Suppose there are $t$ mutually independent events $E_1,\dots,E_t$ on a probability space of size $n$, with the uniform measure. Let $p$ be any prime factor of $n$, occurring with multiplicity $m$.

Claim: There are at most $m$ events for which $p^m$ does not divide into $|E_i|$.

Proof: Let $$ I=\{i\in \{1,\dots,t\} \mid p^m \text{ does not divide $|E_i|$}\}. $$

By mutual independence, we know that $P(\bigcap_{i\in I} E_i)=\prod_{i\in I}P(E_i)$. Multiplying both sides by $n^{|I|}$, and letting $e=|\bigcap_{i\in I} E_i|$, we get $$ e\cdot n^{|I|-1} = \prod_{i\in I}|E_i| $$ Conclude by counting the number of factors of $p$ on both sides. The LHS has at least $m(|I|-1)$ copies of $p$ in $n^{|I|-1}$. Since each $|E_i|$ has at most $m-1$ copies of $p$, the RHS has at most $(m-1)\cdot |I|$ copies of $p$. This proves $m(|I|-1)\le (m-1)\cdot |I|$, from whence $|I|\le m$. $\tag*{$\square$}$

Finally, let $n=p_1^{m_1},\dots,p_k^{m_k}$ be the prime factorization of $n$. By the logic above, for each $p_j$, there are at most $m_j$ events in the list $E_1,\dots,E_t$ for which $|E_i|$ does not contain $p_j^{m_j}$ as a factor.
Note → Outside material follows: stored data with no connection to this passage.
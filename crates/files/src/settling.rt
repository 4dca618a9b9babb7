// A channel's file at the end: all of it handed to the system, and read back.
use crate::opening::open;
use desk::Saved;
use input::read_full;
use lines::blame;
use printing::{Hex, say};
use std::fs::OpenFile;
use std::io;
use std::io::Read;
use std::rt::Files;

// Files of fewer octets than this are looked at whole.
const ROOM: usize = 65536;

// What could not be done, and why.
#[derive(Clone, Copy)]
struct Failure {
    what: &'static str,
    why: io::Error,
}

// The octets read back, against what was written.
fn compared(rt: &impl Print, octets: &[u8], s: Saved) -> bool {
    if ROOM <= octets.len() {
        say(rt, " check=none");
        return !s.failed;
    }
    let check = Hex::<4>(u32::from(crc::syndrome(octets)));
    say(rt, format_args!(" check={check}"));
    !s.failed && octets.len() as u64 == s.octets
}

// A function of its own: among the `?` of `settled` the room would be made twice.
fn read_back(rt: &impl Print, file: &mut impl Read, s: Saved) -> bool {
    let mut room = [0u8; ROOM];
    let n = read_full(file, &mut room);
    compared(rt, &room[..n], s)
}

// Reads the channel's file back: whether all of the channel's packets are in it. std tells of no error of a close, so what such an
// error would tell is asked for before: whether what was written can be stored.
fn settled<R: Files + Print>(
    rt: &R,
    file: &R::File,
    path: &[u8],
    s: Saved,
) -> Result<bool, Failure> {
    file.sync_data().map_err(|why| Failure {
        what: "cannot close ",
        why,
    })?;
    let mut back = open(rt, path).map_err(|why| Failure {
        what: "cannot read back ",
        why,
    })?;
    Ok(read_back(rt, &mut back, s))
}

// Ends the channel's line but for the last word of it, which is what this answers.
pub fn finished<R: Files + Print>(
    rt: &R,
    err: &impl Print,
    file: &R::File,
    path: &[u8],
    s: Saved,
) -> bool {
    say(rt, format_args!(" octets={}", s.octets));
    match settled(rt, file, path, s) {
        Ok(saved) => saved,
        Err(failure) => {
            blame(err, failure.what, path, failure.why);
            false
        }
    }
}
Now, assuming that $t>m_1+\dots+m_k$, since there are at most $m_i$ events which are not a multiple of $p_i^{m_i}$, there must be at least one event, $E_i$, for which $|E_i|$ is a multiple of the entire list $p_1^{m_1},p_2^{m_2},\dots,p_k^{m_k}$. But this means $|E_i|$ is a multiple of $n$, so either $|E_i|=0$ or $|E_i|=n$. This contradicts the assumption that $E_i$ was nontrivial. We conclude that $t\le m_1+\dots+m_k$.